The heavily funded attacks on corporate America come primarily from organizations with their own spotty record of responsible governance. My favorite example comes from the anti-Wal-Mart crowd. It turns out that one union-financed, anti-Wal-Mart group hired folks to picket Wal-Mart stores at $2.50 an hour less than Wal-Mart was paying its own workers. These non-unionized temporary workers were protesting working conditions. Oh, how truly delicious this irony.

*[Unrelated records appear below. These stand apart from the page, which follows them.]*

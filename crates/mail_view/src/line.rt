//! The lines of a view.
ghost use Rattle.std.specs.Prelude.{◌≡◌, ◌++◌, string_bytes, OnOk};
ghost use Rattle.mail_view.specs.Line.{line, empty, line_text, prefix_text};

use crate::visible::push_visible;
use std::alloc::AllocError;

/// The fixed text at the front of a line.
#[derive(Clone, Copy, Debug, PartialEq, Eq)]
pub enum Prefix {
    /// Before the number of a mail, or the name of a file.
    Title,
    /// Before the reason why a mail is refused.
    Refused,
    /// Before a value of `From`.
    From,
    /// Before a value of `Reply-To`.
    ReplyTo,
    /// Before a value of `To`.
    To,
    /// Before a value of `Cc`.
    Cc,
    /// Before a value of `Date`.
    Date,
    /// Before a value of `Subject`.
    Subject,
    /// Before the path of the part whose text follows.
    Heading,
    /// Before a line of a text of the mail.
    Text,
    /// Before the description of a part.
    Part,
    /// Before the name of a finding.
    Found,
    /// Before the bytes before a finding.
    Before,
    /// Before the bytes of a finding.
    Bytes,
    /// Before the bytes after a finding.
    After,
}

/// Returns the text of a prefix.
fn prefix_text(prefix: Prefix) -> &'static str
    ensures { result.now ≡ prefix_text prefix }
{
    match prefix {
        Prefix::Title => "-- ",
        Prefix::Refused => "Refused:  ",
        Prefix::From => "From:     ",
        Prefix::ReplyTo => "Reply-To: ",
        Prefix::To => "To:       ",
        Prefix::Cc => "Cc:       ",
        Prefix::Date => "Date:     ",
        Prefix::Subject => "Subject:  ",
        Prefix::Heading => "Text:     ",
        Prefix::Text => "  ",
        Prefix::Part => "Part:     ",
        Prefix::Found => "Found:    ",
        Prefix::Before => "Before:   ",
        Prefix::Bytes => "Bytes:    ",
        Prefix::After => "After:    ",
    }
}

/// Appends the line of a text after a prefix.
#[tactic(auto, unfolding(crate::specs::Line::line_text))]
pub(crate) fn push_line(shown: &mut String, prefix: Prefix, text: &str) -> Result<(), AllocError>
    ensures { OnOk result (string_bytes shown.new
        ≡ string_bytes shown.old ++ line_text (line prefix text.now)) }
{
    shown.push_str(prefix_text(prefix))?;
    push_visible(shown, text)?;
    shown.push('\n')?;
    Ok(())
}

/// Appends an empty line.
#[tactic(auto, unfolding(crate::specs::Line::line_text))]
pub(crate) fn push_empty_line(shown: &mut String) -> Result<(), AllocError>
    ensures { OnOk result (string_bytes shown.new ≡ string_bytes shown.old ++ line_text empty) }
{
    shown.push('\n')?;
    Ok(())
}
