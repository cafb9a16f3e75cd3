//! The view of an input: a mail, or the mails of a mailbox.
ghost use Rattle.std.specs.Prelude.{◌++◌, codes, decimal};
ghost use Rattle.std.specs.Char.{is_ascii_whitespace};
ghost use Rattle.std.specs.List.{list_all};
ghost use Rattle.mail_data.specs.MailboxFormats.{mail_in};
ghost use Rattle.mail_data.specs.MailboxViews.{entries_left};
ghost use Rattle.mail_program.specs.Streams.{Writes};
ghost use Rattle.mail_view.specs.Input.{WritesWith, front_lines, front_outcome};
ghost use Rattle.mail_view.specs.Input.{mailbox_lines, mailbox_outcome, mails_lines, mails_outcome};
ghost use Rattle.mail_view.specs.Input.{single_lines, single_outcome, title};
ghost use Rattle.mail_view.specs.Line.{empty, line, line_text, lines_text};
ghost use Rattle.mail_view.specs.declared.line.Prefix.TheVariants.{Refused};

use crate::line::{Prefix, push_line};
use crate::view::write_view;
use mail_data::mailbox::quoted::unquoted;
use mail_data::mailbox::{Format, Mailbox, MailboxEntry, read_mailbox};
use mail_html::References;
use mail_program::{Fault, Outcome, is_all_whitespace, refusal_of};
use mail_read::reading::read_mail;
use mailparse::KnownCharsets;
use std::alloc::Global;
use std::io::Write;

/// Writes a line with the name of what follows: `-- NAME --`.
///
/// Allocates the line.
///
/// # Errors
///
/// `Fault::Output` if a write fails, and `Fault::Mail` with `MailParseError::Memory` if it runs out
/// of memory.
///
/// # Examples
///
/// ```rust
/// use mail_view::write_title;
///
/// let mut out = Vec::new(alloc);
/// write_title(alloc, &mut out, "one\nmail.eml")?;
/// assert_eq!(rt; str::from_utf8(out.as_slice())?, "-- one\u{fffd}mail.eml --\n");
/// ```
pub fn write_title<W: Write>(alloc: Global, out: &mut W, name: &str) -> Result<(), Fault>
    ensures { Writes (W.contents out.old) (W.contents out.new) result
        (line_text (title name.now)) }
{
    let mut text = String::from_str(alloc, name)?;
    text.push_str(" --")?;
    write_line(alloc, out, Prefix::Title, text.as_str())
}

/// Writes a line that says why a mail is refused.
///
/// Allocates the line.
///
/// # Errors
///
/// `Fault::Output` if a write fails, and `Fault::Mail` with `MailParseError::Memory` if it runs out
/// of memory.
///
/// # Examples
///
/// ```rust
/// use mail_view::write_refusal;
///
/// let mut out = Vec::new(alloc);
/// write_refusal(alloc, &mut out, "no header")?;
/// assert_eq!(rt; str::from_utf8(out.as_slice())?, "Refused:  no header\n");
/// ```
pub fn write_refusal<W: Write>(alloc: Global, out: &mut W, reason: &str) -> Result<(), Fault>
    ensures { Writes (W.contents out.old) (W.contents out.new) result
        (line_text (line Refused reason.now)) }
{
    write_line(alloc, out, Prefix::Refused, reason)
}

/// Writes an input that is one mail, as `view_of` returns it, or a line that says why it is
/// refused: a mail with more than `limit` messages, parts and headers is. Returns whether it was.
///
/// Allocates the mail and its view.
///
/// # Errors
///
/// `Fault::Output` if a write fails, and `Fault::Mail` with `MailParseError::Memory` if it runs out
/// of memory.
///
/// # Examples
///
/// ```rust
/// use mail_read::reading::DEFAULT_LIMIT;
/// use mail_html::References;
/// use mail_program::Outcome;
/// use mail_view::write_single;
///
/// let references = References::standard();
/// let mut out = Vec::new(alloc);
/// let mail = b"Subject: Hi\n\n";
/// let outcome = write_single(alloc, &mut out, mail, DEFAULT_LIMIT, &references, &())?;
/// assert_eq!(rt; outcome, Outcome::Clean);
/// assert!(rt; out.as_slice().starts_with(b"Subject:  Hi\n"));
/// let mut out = Vec::new(alloc);
/// let outcome = write_single(alloc, &mut out, mail, 1, &references, &())?;
/// assert_eq!(rt; outcome, Outcome::Refused);
/// assert!(rt; out.as_slice().starts_with(b"Refused:  Too many parts and headers"));
/// ```
pub fn write_single<W: Write, K: KnownCharsets>(
    alloc: Global,
    out: &mut W,
    input: &[u8],
    limit: usize,
    references: &References<'_>,
    known: &K,
) -> Result<Outcome, Fault>
    ensures { WritesWith (W.contents out.old) (W.contents out.new) result
        (lines_text (single_lines references.now (K.known known.now) limit input.now))
        (single_outcome (K.known known.now) limit input.now) }
{
    match read_mail(alloc, input, limit, known) {
        Ok(mail) => {
            write_view(alloc, out, &mail, references, known)?;
            Ok(Outcome::Clean)
        }
        Err(error) => {
            let Some(reason) = refusal_of(alloc, &error)? else {
                return Err(Fault::Mail(error));
            };
            write_refusal(alloc, out, reason.as_str())?;
            Ok(Outcome::Refused)
        }
    }
}

/// Writes the mails of a mailbox in a format: each as `write_single` does, after a line with its
/// number, such as `-- mail 1 --`, and before an empty line. Text before the first mail is reported
/// by a line. Returns whether that or a mail was refused.
///
/// Allocates one mail and its view after another.
///
/// # Errors
///
/// `Fault::Output` if a write fails, and `Fault::Mail` with `MailParseError::Memory` if it runs out
/// of memory.
///
/// # Examples
///
/// ```rust
/// use mail_data::mailbox::Format;
/// use mail_read::reading::DEFAULT_LIMIT;
/// use mail_html::References;
/// use mail_program::Outcome;
/// use mail_view::write_mailbox;
///
/// let raw = b"From a Fri Jul  8 12:08:34 2011\nSubject: 1\n\none\n\n";
/// let mut out = Vec::new(alloc);
/// let (format, references) = (Format::Plain, References::standard());
/// let outcome = write_mailbox(alloc, &mut out, raw, format, DEFAULT_LIMIT, &references, &())?;
/// assert_eq!(rt; outcome, Outcome::Clean);
/// assert!(rt; out.as_slice().starts_with(b"-- mail 1 --\nSubject:  1\n\n  one\n\n"));
/// ```
pub fn write_mailbox<W: Write, K: KnownCharsets>(
    alloc: Global,
    out: &mut W,
    input: &[u8],
    format: Format,
    limit: usize,
    references: &References<'_>,
    known: &K,
) -> Result<Outcome, Fault>
    ensures { WritesWith (W.contents out.old) (W.contents out.new) result
        (lines_text (mailbox_lines references.now (K.known known.now) limit format input.now))
        (mailbox_outcome (K.known known.now) limit format input.now) }
{
    let mails = read_mailbox(input, format);
    let front = mails.front();
    let outcome = write_front(alloc, out, front)?;
    Ok(outcome.and(write_mails(alloc, out, mails, format, limit, references, known)?))
}

/// Writes a line for the text before the first mail of a mailbox, unless it is whitespace.
fn write_front<W: Write>(alloc: Global, out: &mut W, front: &[u8]) -> Result<Outcome, Fault>
    ensures { let is_white = list_all is_ascii_whitespace front.now in
        WritesWith (W.contents out.old) (W.contents out.new) result
        (lines_text (front_lines is_white)) (front_outcome is_white) }
{
    if is_all_whitespace(front) {
        return Ok(Outcome::Clean);
    }
    let reason = "The mailbox does not begin with a separator";
    write_refusal(alloc, out, reason)?;
    write_empty_line(out)?;
    Ok(Outcome::Refused)
}

/// Writes the mails of a mailbox in this format.
fn write_mails<W: Write, K: KnownCharsets>(
    alloc: Global,
    out: &mut W,
    mails: Mailbox<'_>,
    format: Format,
    limit: usize,
    references: &References<'_>,
    known: &K,
) -> Result<Outcome, Fault>
    ensures { WritesWith (W.contents out.old) (W.contents out.new) result
        (lines_text (mails_lines references.now (K.known known.now) limit format 1
        (entries_left mails.entry)))
        (mails_outcome (K.known known.now) limit format (entries_left mails.entry)) }
{
    let mut number = 1u64;
    let mut outcome = Outcome::Clean;
    for entry in mails {
        write_number(alloc, out, number)?;
        outcome = outcome.and(write_entry(alloc, out, &entry, format, limit, references, known)?);
        write_empty_line(out)?;
        number = number.saturating_add(1);
    }
    Ok(outcome)
}

/// Writes a line with the number of a mail.
fn write_number<W: Write>(alloc: Global, out: &mut W, number: u64) -> Result<(), Fault>
    ensures { Writes (W.contents out.old) (W.contents out.new) result
        (line_text (title (codes "mail " ++ decimal number))) }
{
    let text = format!(in alloc; "mail {number}")?;
    write_title(alloc, out, text.as_str())
}

/// Writes a mail of a mailbox in this format.
fn write_entry<W: Write, K: KnownCharsets>(
    alloc: Global,
    out: &mut W,
    entry: &MailboxEntry<'_>,
    format: Format,
    limit: usize,
    references: &References<'_>,
    known: &K,
) -> Result<Outcome, Fault>
    ensures { WritesWith (W.contents out.old) (W.contents out.new) result
        (lines_text (single_lines references.now (K.known known.now) limit
        (mail_in format entry.now.mail)))
        (single_outcome (K.known known.now) limit (mail_in format entry.now.mail)) }
{
    match format {
        Format::Plain | Format::Counted => write_single(
            alloc,
            out,
            entry.mail(),
            limit,
            references,
            known,
        ),
        Format::Quoted => {
            let mail = unquoted(alloc, entry.mail())?;
            write_single(alloc, out, mail.as_slice(), limit, references, known)
        }
    }
}

/// Writes the line of a text after a prefix.
fn write_line<W: Write>(alloc: Global, out: &mut W, prefix: Prefix, text: &str) -> Result<(), Fault>
    ensures { Writes (W.contents out.old) (W.contents out.new) result
        (line_text (line prefix text.now)) }
{
    let mut shown = String::new(alloc);
    push_line(&mut shown, prefix, text)?;
    out.write_all(shown.as_bytes())?;
    Ok(())
}

/// Writes an empty line.
#[tactic(auto, unfolding(crate::specs::Line::line_text))]
fn write_empty_line<W: Write>(out: &mut W) -> Result<(), Fault>
    ensures { Writes (W.contents out.old) (W.contents out.new) result (line_text empty) }
{
    out.write_all(b"\n")?;
    Ok(())
}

Second, the thought behind the criticism is also scant. This is especially true with the corporate social responsibility-or CSR-movement in all its forms. CSR is a heavily financed pretender to an intellectual debate over the role of commerce in general and corporations in particular. It comes from think tanks where management and marketing gurus provide strategies for companies to follow to a path of social responsibility. Their goals range from environmental concerns to working conditions to truth in advertising. The stated goals of CSR are laudable enough-who wouldn’t like a cleaner environment? The problem is, the CSR movement probably stands in the way of such reforms. Here’s why:

Companies are good at maximizing profits. That’s why they exist. The profit motive stimulates investment, efficiently allocates resources, and makes the economy grow. Profit and the motivation to maximize them need no apologies.

To the CSR movement, that’s not what companies should do. Rather, commerce exists to generate some other notion of the common good. The CSR movement cajoles, embarrasses and lobbies companies to reduce their profits to meet some other goal. Most CSR groups in America finance themselves through corporate donations. Today, almost every American firm of any size pays financial homage to a CSR consultant.

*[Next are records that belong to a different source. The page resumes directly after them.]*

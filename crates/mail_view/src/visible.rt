//! Text that does not move the cursor of a terminal.
ghost use Rattle.std.specs.Prelude.{◌≡◌, ◌++◌, string_bytes, OnOk};
ghost use Rattle.mail_view.specs.Visible.{shown_character, visible};

use mail_codec::hidden::is_hidden;
use std::alloc::AllocError;

/// Appends a text as it is shown: each hidden character is replaced.
pub(crate) fn push_visible(shown: &mut String, text: &str) -> Result<(), AllocError>
    ensures { OnOk result
        (string_bytes shown.new ≡ string_bytes shown.old ++ visible text.now) }
{
    for c in text.chars() {
        push_character(shown, c)?;
    }
    Ok(())
}

/// Appends a character as it is shown.
#[tactic(auto, unfolding(crate::specs::Visible::shown_character))]
fn push_character(shown: &mut String, c: char) -> Result<(), AllocError>
    ensures { OnOk result
        (string_bytes shown.new ≡ string_bytes shown.old ++ shown_character c) }
{
    if c == '\t' {
        shown.push_str("    ")?;
        return Ok(());
    }
    shown.push(if is_hidden(c) { '\u{fffd}' } else { c })?;
    Ok(())
}
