//! Law: no line of a view moves the cursor of a terminal, and none begins with a value.
ghost use Rattle.std.specs.Prelude.{◌≡◌, true, List};
ghost use Rattle.std.specs.List.{list_all};
ghost use Rattle.mail_codec.specs.Charset.{Charsets};
ghost use Rattle.mailparse.specs.Mail.{Tree};
ghost use Rattle.mail_html.specs.declared.references.References.{References};
ghost use Rattle.mail_view.specs.Line.{AreSafeLines, Line, is_plain_byte, lines_text};
ghost use Rattle.mail_view.specs.View.{view_text};

/// Whatever the texts of lines are, what is written of them is safe: it consists of lines that end
/// in their only LF, each line is empty or begins with the fixed text of its prefix, and it is
/// UTF-8 of characters that are not hidden. So is the view of each mail. No byte but LF is below
/// the space, and none is DEL.
pub fn lines_are_safe()
    ensures lines { (lines : List Line) → AreSafeLines (lines_text lines) }
    ensures bytes { (lines : List Line) → list_all is_plain_byte (lines_text lines) ≡ true }
    ensures view { (references : References) (known : Charsets) (mail : Tree)
        → AreSafeLines (view_text references known mail) }
{}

By hiring a CSR consultant, and endowing a CSR think tank, two bad things occur. First, profits are reduced. The big losers are retirement funds and investors (ultimately some 80 percent of U.S. households). The CSR movement also takes our eyes off the regulatory role of government. In the long run, this damages the environment, slows the improvement of working conditions, and leads firms to advertise their newfound “social responsibility.”

The CSR movement is one of the least laudable inventions in the American political and academic movement.

Don’t believe me? Robert Reich, secretary of labor in the Clinton administration, describes the descent into silliness that has become the CSR movement by noting Exxon Corp.’s recent listing as a top environmental steward.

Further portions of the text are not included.